-- Opening Marker --
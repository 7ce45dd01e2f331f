//! Generic functions that make calls on a set of any shape, and return what the calls return. Each
//! of these functions is proved once for all shapes. A call that a test makes itself is proved
//! again for the shape that the test uses.

ghost use Rattle.std.specs.Prelude.{◌<◌, max, IsTrue};
ghost use Rattle.bittle_ext.specs.Views.{rounded_up};
ghost use Rattle.bittle.specs.Values.{ShapeFits};

use crate::checks::same;
use bittle::prelude::*;
use bittle::{Bits, BitsMut, Endian};
use bittle_ext::prelude::*;
use std::ops::Range;
use std::process::Abort;

/// The value that says that an item is taken from the front.
pub(crate) const FRONT: bool = true;

/// The value that says that an item is taken from the back.
pub(crate) const BACK: bool = false;

/// Names the union of two sets, in a call that combines them.
pub(crate) const UNION: u32 = 0;

/// Names the intersection of two sets.
pub(crate) const COMMON: u32 = 1;

/// Names the difference of two sets: the members that only the first one has.
pub(crate) const ALONE: u32 = 2;

/// Names the symmetric difference of two sets.
pub(crate) const UNLIKE: u32 = 3;

/// Takes an item from the front or from the back of an iterator.
fn item<W: DoubleEndedIterator>(walk: &mut W, at_front: bool) -> Option<W::Item>
    requires front { (w : W) → W.can_next w }
    requires back { (w : W) → W.can_next_back w }
{
    if at_front {
        walk.next()
    } else {
        walk.next_back()
    }
}

/// Names the first set bit, in a call that takes a bit.
pub(crate) const FIRST: u32 = 0;

/// Names the last set bit.
pub(crate) const LAST: u32 = 1;

/// Names the first unset bit.
pub(crate) const UNSET: u32 = 2;

/// Names `insert`, in a call that changes one bit.
pub(crate) const INSERT: u32 = 0;

/// Names `remove`.
pub(crate) const REMOVE: u32 = 1;

/// Names `replace`.
pub(crate) const REPLACE: u32 = 2;

/// Names `toggle`.
pub(crate) const TOGGLE: u32 = 3;

/// Names `assign`.
pub(crate) const ASSIGN: u32 = 4;

/// Makes the call that `kind` names on the bit of an index. `value` is the new bit, in a call that
/// takes one. Returns what the call returns, or `false` if it returns nothing.
pub(crate) fn bit_changed<B: BitsMut>(kind: u32, set: &mut B, index: u32, value: bool) -> bool
    requires { IsTrue B.indexable }
{
    match kind {
        INSERT => set.insert(index),
        REMOVE => set.remove(index),
        REPLACE => set.replace(index, value),
        TOGGLE => {
            set.toggle(index);
            false
        }
        _ => {
            set.assign(index, value);
            false
        }
    }
}

/// Takes out the first or the last set bit, or sets the first unset bit, as `kind` names. Returns
/// the index of this bit.
pub(crate) fn bit_taken<B: BitsMut>(kind: u32, set: &mut B) -> Option<u32>
    requires { ShapeFits B.Shape set.old }
{
    match kind {
        FIRST => set.pop_first(),
        LAST => set.pop_last(),
        _ => set.take_first_zero(),
    }
}

/// Takes items from an iterator, one from each of `ends` in turn.
pub(crate) fn taken<W: DoubleEndedIterator<Item = u32>, const N: usize>(
    walk: &mut W,
    ends: [bool; N],
) -> [Option<u32>; N]
    requires front { (w : W) → W.can_next w }
    requires back { (w : W) → W.can_next_back w }
{
    let mut items = [None; N];
    for k in 0..N {
        items[k] = item(walk, ends[k]);
    }
    items
}

/// Takes runs from an iterator, one from each of `ends` in turn. Returns where each run begins and
/// where it ends.
pub(crate) fn runs_taken<W: DoubleEndedIterator<Item = Range<u32>>, const N: usize>(
    walk: &mut W,
    ends: [bool; N],
) -> [Option<(u32, u32)>; N]
    requires front { (w : W) → W.can_next w }
    requires back { (w : W) → W.can_next_back w }
{
    let mut runs = [None; N];
    for k in 0..N {
        runs[k] = match item(walk, ends[k]) {
            Some(run) => Some((run.start, run.end)),
            None => None,
        };
    }
    runs
}

/// Takes items from an iterator over the set bits of a range.
pub(crate) fn ones_in_range<B: Bits, const N: usize>(
    bits: &B,
    from: u32,
    to: u32,
    ends: [bool; N],
) -> [Option<u32>; N]
    requires { ShapeFits B.Shape bits.now }
{
    taken(&mut bits.iter_ones_in_range(from, to), ends)
}

/// Takes items from an iterator over the set bits of a range, in the order `E`.
pub(crate) fn ones_in_range_in<B: Bits, E: Endian, const N: usize>(
    bits: &B,
    from: u32,
    to: u32,
    ends: [bool; N],
) -> [Option<u32>; N]
    requires { ShapeFits B.Shape bits.now }
{
    ones_in_range(&bits.in_order::<E>(), from, to, ends)
}

/// Takes items from an iterator over the unset bits of a range, in the order `E`.
pub(crate) fn zeros_in_range_in<B: Bits, E: Endian, const N: usize>(
    bits: &B,
    from: u32,
    to: u32,
    ends: [bool; N],
) -> [Option<u32>; N]
    requires { ShapeFits B.Shape bits.now }
{
    zeros_in_range(&bits.in_order::<E>(), from, to, ends)
}

/// Takes items from an iterator over the unset bits of a range.
pub(crate) fn zeros_in_range<B: Bits, const N: usize>(
    bits: &B,
    from: u32,
    to: u32,
    ends: [bool; N],
) -> [Option<u32>; N]
    requires { ShapeFits B.Shape bits.now }
{
    taken(&mut bits.iter_zeros_in_range(from, to), ends)
}

/// Takes runs from an iterator over the runs of set bits.
pub(crate) fn one_runs<B: Bits, const N: usize>(
    bits: &B,
    ends: [bool; N],
) -> [Option<(u32, u32)>; N]
    requires { ShapeFits B.Shape bits.now }
{
    runs_taken(&mut bits.iter_one_runs(), ends)
}

/// Takes runs from an iterator over the runs of unset bits.
pub(crate) fn zero_runs<B: Bits, const N: usize>(
    bits: &B,
    ends: [bool; N],
) -> [Option<(u32, u32)>; N]
    requires { ShapeFits B.Shape bits.now }
{
    runs_taken(&mut bits.iter_zero_runs(), ends)
}

/// A question about a view. A function that makes a view takes the question as a parameter, so the
/// function is proved once and not again for each question.
pub(crate) trait Question {
    type Answer;

    /// Returns the answer for a view.
    fn ask<V: View>(&self, view: &V) -> Self::Answer
        requires fits { ShapeFits V.Shape view.now }
        requires indexable { IsTrue V.indexable };
}

/// A question: the items of an iterator over the set bits of a view, one from each end that the
/// array lists.
#[derive(Drop)]
pub(crate) struct Ones<const N: usize>(pub(crate) [bool; N]);

impl<const N: usize> Question for Ones<N> {
    type Answer = [Option<u32>; N];

    fn ask<V: View>(&self, view: &V) -> [Option<u32>; N] {
        taken(&mut (*view).into_ones(), self.0)
    }
}

/// Asks a question of the union of two sets.
pub(crate) fn ask_either<A: Bits, B: Bits, Q: Question>(
    question: &Q,
    one: &A,
    other: &B,
) -> Q::Answer
    requires one_fits { ShapeFits A.Shape one.now }
    requires other_fits { ShapeFits B.Shape other.now }
    requires rounded { rounded_up (max (A.big one.now).capacity (B.big other.now).capacity) A.width
        < 4294967295 }
{
    question.ask(&one.or_unlike(other))
}

/// Asks a question of the intersection of two sets.
pub(crate) fn ask_both<A: Bits, B: Bits, Q: Question>(question: &Q, one: &A, other: &B) -> Q::Answer
    requires one_fits { ShapeFits A.Shape one.now }
    requires other_fits { ShapeFits B.Shape other.now }
{
    question.ask(&one.and(other))
}

/// Asks a question of the difference of two sets: the members that only the first one has.
pub(crate) fn ask_alone<A: Bits, B: Bits, Q: Question>(
    question: &Q,
    one: &A,
    other: &B,
) -> Q::Answer
    requires one_fits { ShapeFits A.Shape one.now }
    requires other_fits { ShapeFits B.Shape other.now }
{
    question.ask(&one.minus(other))
}

/// Asks a question of the symmetric difference of two sets.
pub(crate) fn ask_just_one<A: Bits, B: Bits, Q: Question>(
    question: &Q,
    one: &A,
    other: &B,
) -> Q::Answer
    requires one_fits { ShapeFits A.Shape one.now }
    requires other_fits { ShapeFits B.Shape other.now }
    requires rounded { rounded_up (max (A.big one.now).capacity (B.big other.now).capacity) A.width
        < 4294967295 }
{
    question.ask(&one.xor_unlike(other))
}

/// Takes items from an iterator over two sets that are combined by one of the four operations.
pub(crate) fn combination<A: Bits, B: Bits, const N: usize>(
    kind: u32,
    one: &A,
    other: &B,
    ends: [bool; N],
) -> [Option<u32>; N]
    requires one_fits { ShapeFits A.Shape one.now }
    requires other_fits { ShapeFits B.Shape other.now }
    requires rounded { rounded_up (max (A.big one.now).capacity (B.big other.now).capacity) A.width
        < 4294967295 }
{
    let items = Ones(ends);
    match kind {
        UNION => ask_either(&items, one, other),
        COMMON => ask_both(&items, one, other),
        ALONE => ask_alone(&items, one, other),
        _ => ask_just_one(&items, one, other),
    }
}

/// Takes items from an iterator over the union of two sets, in the order `E`.
pub(crate) fn union_in<A: Bits, B: Bits, E: Endian, const N: usize>(
    one: &A,
    other: &B,
    ends: [bool; N],
) -> [Option<u32>; N]
    requires one_fits { ShapeFits A.Shape one.now }
    requires other_fits { ShapeFits B.Shape other.now }
    requires rounded { rounded_up (max (A.big one.now).capacity (B.big other.now).capacity) A.width
        < 4294967295 }
{
    ask_either(&Ones(ends), &one.in_order::<E>(), &other.in_order::<E>())
}

/// Checks the items that an iterator yields over two sets that are combined.
pub(crate) fn combines<A: Bits, B: Bits, const N: usize>(
    rt: &impl Abort,
    kind: u32,
    one: &A,
    other: &B,
    ends: [bool; N],
    expected: [Option<u32>; N],
)
    requires one_fits { ShapeFits A.Shape one.now }
    requires other_fits { ShapeFits B.Shape other.now }
    requires rounded { rounded_up (max (A.big one.now).capacity (B.big other.now).capacity) A.width
        < 4294967295 }
{
    same!(*rt; combination(kind, one, other, ends), expected);
}

/// Makes the set of these indexes, which are below the capacity. A `None` is left out.
pub(crate) fn set_of<B: BitsOwned, const N: usize>(items: [Option<u32>; N]) -> B
    requires { IsTrue B.indexable }
{
    let mut made = B::zeros();
    for k in 0..N {
        if let Some(index) = items[k] {
            made.set_bit(index);
        }
    }
    made
}

/// Returns the first and the last set bit, and the first and the last unset bit.
pub(crate) fn ends<B: Bits>(bits: &B) -> [Option<u32>; 4]
    requires { ShapeFits B.Shape bits.now }
{
    [
        bits.first_one(),
        bits.last_one(),
        bits.first_zero(),
        bits.last_zero(),
    ]
}

/// Counts the common members of two sets, the members that only the first set has, and the members
/// that just one of the two sets has.
pub(crate) fn counts<A: Bits, B: Bits>(one: &A, other: &B) -> [u32; 3]
    requires one_fits { ShapeFits A.Shape one.now }
    requires other_fits { ShapeFits B.Shape other.now }
{
    [
        one.count_common(other),
        one.count_alone(other),
        one.count_different(other),
    ]
}

/// Calls `counts` on two sets in the order `E`.
pub(crate) fn counts_in<A: Bits, B: Bits, E: Endian>(one: &A, other: &B) -> [u32; 3]
    requires one_fits { ShapeFits A.Shape one.now }
    requires other_fits { ShapeFits B.Shape other.now }
{
    counts(&one.in_order::<E>(), &other.in_order::<E>())
}

/// Returns for each index its rank: how many set bits lie below it.
pub(crate) fn ranks<B: Bits, const N: usize>(bits: &B, indexes: [u32; N]) -> [u32; N]
    requires { ShapeFits B.Shape bits.now }
{
    let mut answers = [0; N];
    for k in 0..N {
        answers[k] = bits.rank(indexes[k]);
    }
    answers
}

/// Returns for each rank the index of the set bit with this rank.
pub(crate) fn selected<B: Bits, const N: usize>(bits: &B, ranks: [u32; N]) -> [Option<u32>; N]
    requires { ShapeFits B.Shape bits.now }
{
    let mut answers = [None; N];
    for k in 0..N {
        answers[k] = bits.select(ranks[k]);
    }
    answers
}

/// Returns the ranks of these indexes, in the order `E`.
pub(crate) fn ranks_in<B: Bits, E: Endian, const N: usize>(bits: &B, indexes: [u32; N]) -> [u32; N]
    requires { ShapeFits B.Shape bits.now }
{
    ranks(&bits.in_order::<E>(), indexes)
}

/// Returns for each rank the index of the set bit with this rank, in the order `E`.
pub(crate) fn selected_in<B: Bits, E: Endian, const N: usize>(
    bits: &B,
    ranks: [u32; N],
) -> [Option<u32>; N]
    requires { ShapeFits B.Shape bits.now }
{
    selected(&bits.in_order::<E>(), ranks)
}

/// Returns whether one set is a subset of another set, a superset of it, disjoint from it, and
/// whether the two intersect. Then returns the first index in both sets, and the first index in the
/// first set alone.
pub(crate) fn stand<A: Bits, B: Bits>(one: &A, other: &B) -> ([bool; 4], [Option<u32>; 2])
    requires one_fits { ShapeFits A.Shape one.now }
    requires other_fits { ShapeFits B.Shape other.now }
{
    let relations = [
        one.is_subset(other),
        one.is_superset(other),
        one.is_disjoint(other),
        one.intersects(other),
    ];
    (relations, [one.first_common(other), one.first_alone(other)])
}

/// Inserts each of these indexes, and returns what each call returns.
pub(crate) fn inserted<B: BitsMut, const N: usize>(set: &mut B, indexes: [u32; N]) -> [bool; N]
    requires { IsTrue B.indexable }
{
    let mut answers = [false; N];
    for k in 0..N {
        answers[k] = set.insert(indexes[k]);
    }
    answers
}

/// Inserts the indexes that an iterator over another set yields.
pub(crate) fn extend_by_set<B: BitsMut, C: Bits>(set: &mut B, other: &C)
    requires indexable { IsTrue B.indexable }
    requires fits { ShapeFits C.Shape other.now }
{
    set.extend(other.iter_ones());
}

/// A change of a set of any shape. A function that makes a mutable view takes the change as a
/// parameter, so the function is proved once and not again for each change.
pub(crate) trait Change {
    type Answer;

    /// Changes the set, and returns what the calls return.
    fn change<B: BitsMut>(&self, set: &mut B) -> Self::Answer
        requires fits { ShapeFits B.Shape set.old }
        requires indexable { IsTrue B.indexable };
}

/// Changes a set through a view in the order `E`.
pub(crate) fn change_in<B: BitsMut, E: Endian, C: Change>(change: &C, set: &mut B) -> C::Answer
    requires fits { ShapeFits B.Shape set.old }
    requires indexable { IsTrue B.indexable }
{
    change.change(&mut set.in_order_mut::<E>())
}

/// Flips each bit.
pub(crate) fn flip<B: BitsMut>(set: &mut B)
    requires { ShapeFits B.Shape set.old }
{
    set.complement_assign();
}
-- Closing Marker --
#### [GOAL OF THE EXERCISE]
Select every line in the material above where the string "this" occurs, and copy it.

#### [ANSWER SPACE]
/// the index of this bit.
/// Returns for each rank the index of the set bit with this rank.
/// Returns for each rank the index of the set bit with this rank, in the order `E`.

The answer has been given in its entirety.